Stored entries:
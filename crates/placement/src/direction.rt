// The direction in which a line is written.
ghost use Rattle.std.specs.Prelude.{◌≡◌};
ghost use Rattle.placement.specs.Directions.{is_forward, is_horizontal, numbered};

#[derive(Clone, Copy, Default, PartialEq, Eq, Debug)]
pub enum Direction {
    #[default]
    LeftToRight,
    RightToLeft,
    TopToBottom,
    BottomToTop,
}

// A number that stands for no direction.
#[derive(Clone, Copy, PartialEq, Eq, Debug)]
pub struct UnknownDirection(pub u8);

impl TryFrom<u8> for Direction {
    type Error = UnknownDirection;

    ghost try_from_gives = { λ number r. r ≡ numbered number };

    fn try_from(number: u8) -> Result<Self, UnknownDirection> {
        match number {
            1 => Ok(Direction::LeftToRight),
            2 => Ok(Direction::RightToLeft),
            3 => Ok(Direction::TopToBottom),
            4 => Ok(Direction::BottomToTop),
            _ => Err(UnknownDirection(number)),
        }
    }
}

impl Direction {
    pub fn is_horizontal(self) -> bool
        ensures { result ≡ is_horizontal self }
    {
        match self {
            Direction::LeftToRight | Direction::RightToLeft => true,
            Direction::TopToBottom | Direction::BottomToTop => false,
        }
    }

    // Whether the pen draws the first sign first.
    pub fn is_forward(self) -> bool
        ensures { result ≡ is_forward self }
    {
        match self {
            Direction::LeftToRight | Direction::TopToBottom => true,
            Direction::RightToLeft | Direction::BottomToTop => false,
        }
    }
}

Work order: Copy out each line of the data that holds the string "LeftToRight".

Expected output:
    LeftToRight,
            1 => Ok(Direction::LeftToRight),
            Direction::LeftToRight | Direction::RightToLeft => true,
            Direction::LeftToRight | Direction::TopToBottom => true,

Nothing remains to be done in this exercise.